On both days, CBS made it seem as if public health and safety were in immediate jeopardy, and reinforced the sense of urgency by placing the stories at the top of the newscast. CBS also bolstered the credibility of the environmentalists by quoting them so prominently and without any countering sources. Not only does that bias the individual report, it also provides support for the groups’ overall campaign to use isolated instances such as the taco shell story to discredit all genetically-modified foods in consumers’ eyes.

Compare CBS’s urgency to NBC Nightly News, which didn’t bother to even mention the taco shell story when it broke on September 18, although Robert Hager reported on the recall on September 22. ABC’s World News Tonight skipped the recall, but covered the story on September 18. Unlike at CBS, the ABC correspondent followed the accepted journalistic practice of quoting both sides. After quoting Friends of the Earth’s Bohlen, ABC’s Barry Serafin announced that "the biotech industry says before any action is taken, the test results must be verified, noting that the lab in this case has been wrong before." Serafin then showed Val Giddings, Vice President of the Biotechnology Industry Association, who told viewers that "these results have been alleged by a company that has a history of finding things that aren’t there."
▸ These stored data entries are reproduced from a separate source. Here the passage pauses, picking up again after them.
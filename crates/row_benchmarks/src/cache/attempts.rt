//! Attempts to follow a path.
use dentry_cache::{Attempt, Walker};
use directory_tree::Last;
use names::{Errno, Path};
use path_lookup::{NAME_ROOM, Scratch, WalkFault};
use tree_row::{RowLook, reach};

/// What attempts go to.
#[derive(Clone, Copy)]
pub(crate) struct Aim<'a> {
    pub path: &'a Path<'a>,
    /// Whether an entry has this name.
    pub is_there: bool,
}

/// The outcome of some attempts.
#[derive(Clone, Copy, Debug, PartialEq, Eq)]
pub(crate) struct Tally {
    /// How many were concurrent with a change.
    pub busy: u64,
    /// How many ended well, and hadn't found what is there.
    pub wrong: u64,
}

impl Tally {
    /// Of no attempts.
    pub(crate) const NONE: Tally = Tally { busy: 0, wrong: 0 };

    /// Of one that ended well, and was right or wrong.
    fn of_one(is_right: bool) -> Tally {
        Tally {
            busy: 0,
            wrong: if is_right { 0 } else { 1 },
        }
    }

    /// Of these attempts and others.
    pub(crate) fn and(self, other: Tally) -> Tally {
        Tally {
            busy: self.busy.saturating_add(other.busy),
            wrong: self.wrong.saturating_add(other.wrong),
        }
    }
}

/// The room that attempts need.
#[derive(Drop)]
pub(crate) struct Room {
    scratch: Scratch,
    name: [u8; NAME_ROOM],
}

impl Room {
    pub(crate) fn new() -> Room {
        Room {
            scratch: Scratch::new(),
            name: [0; NAME_ROOM],
        }
    }
}

/// Follows a path `attempts` times, and returns the outcome.
pub(crate) fn walk_often(walker: Walker, aim: Aim<'_>, attempts: u64) -> (Walker, Tally) {
    let mut walker = walker;
    let mut room = Room::new();
    let mut tally = Tally::NONE;
    for _ in 0..attempts {
        let (next, one) = walk_once(walker, aim, &mut room);
        walker = next;
        tally = tally.and(one);
    }
    (walker, tally)
}

/// One attempt. If it ends well, the name of what it found has to be the path, if an entry has this name; otherwise it has to be
/// refused by `ENOENT`.
pub(crate) fn walk_once(walker: Walker, aim: Aim<'_>, room: &mut Room) -> (Walker, Tally) {
    let Room { scratch, name } = room;
    let mut look: RowLook<Attempt> = RowLook::new(walker.begin());
    let reached = reach(&mut look, aim.path, Last::Follow, scratch, name);
    let (walker, ended) = look.into_cells().end();
    let tally = match (ended, reached) {
        (Err(_), _) => Tally { busy: 1, wrong: 0 },
        (Ok(_), Ok(reached)) => {
            Tally::of_one(aim.is_there && is_name_of(&name[..reached.length], aim.path))
        }
        (Ok(_), Err(WalkFault::Refused(Errno::ENOENT))) => Tally::of_one(!aim.is_there),
        (Ok(_), Err(_)) => Tally::of_one(false),
    };
    (walker, tally)
}

// Whether this is the name of what the path leads to. A directory's name ends with a slash.
fn is_name_of(name: &[u8], path: &Path<'_>) -> bool {
    let path = path.as_bytes();
    match name {
        [front @ .., b'/'] => front == path,
        _ => name == path,
    }
}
The subtext of both of Andrews’ pieces was identical to the explicit message of activists such as Kimbrell, Goldburg, Rissler and Bohlen: that all genetically-modified foods — even those that have been approved by the FDA for sale in grocery stores — may contain hidden dangers. The absolute absence of harm to people who have already consumed GM corn is, in the activists’ formulation, no proof that some dangers may lurk unnoticed. The consumer fears spawned by the media’s uncritical repeating of this line is to blame for the reduction in sales of modified seeds to farmers this spring — although farmers recognize the benefits, they’re wary of producing crops which they may not be able to sell.

By only showing sources who think this corn is dangerous, Andrews was peddling panic, not journalism. In his introduction to the September 18 story, Rather boasted that "Wyatt Andrews has been investigating this story for days." If that’s true, then his failure to offer viewers a balanced report wasn’t the by-product of haste; it was premeditated. As in the case of John Blackstone’s story on electricity prices, there was another side to these business-bashing stories — and CBS withheld that story from its viewers. They deserve better.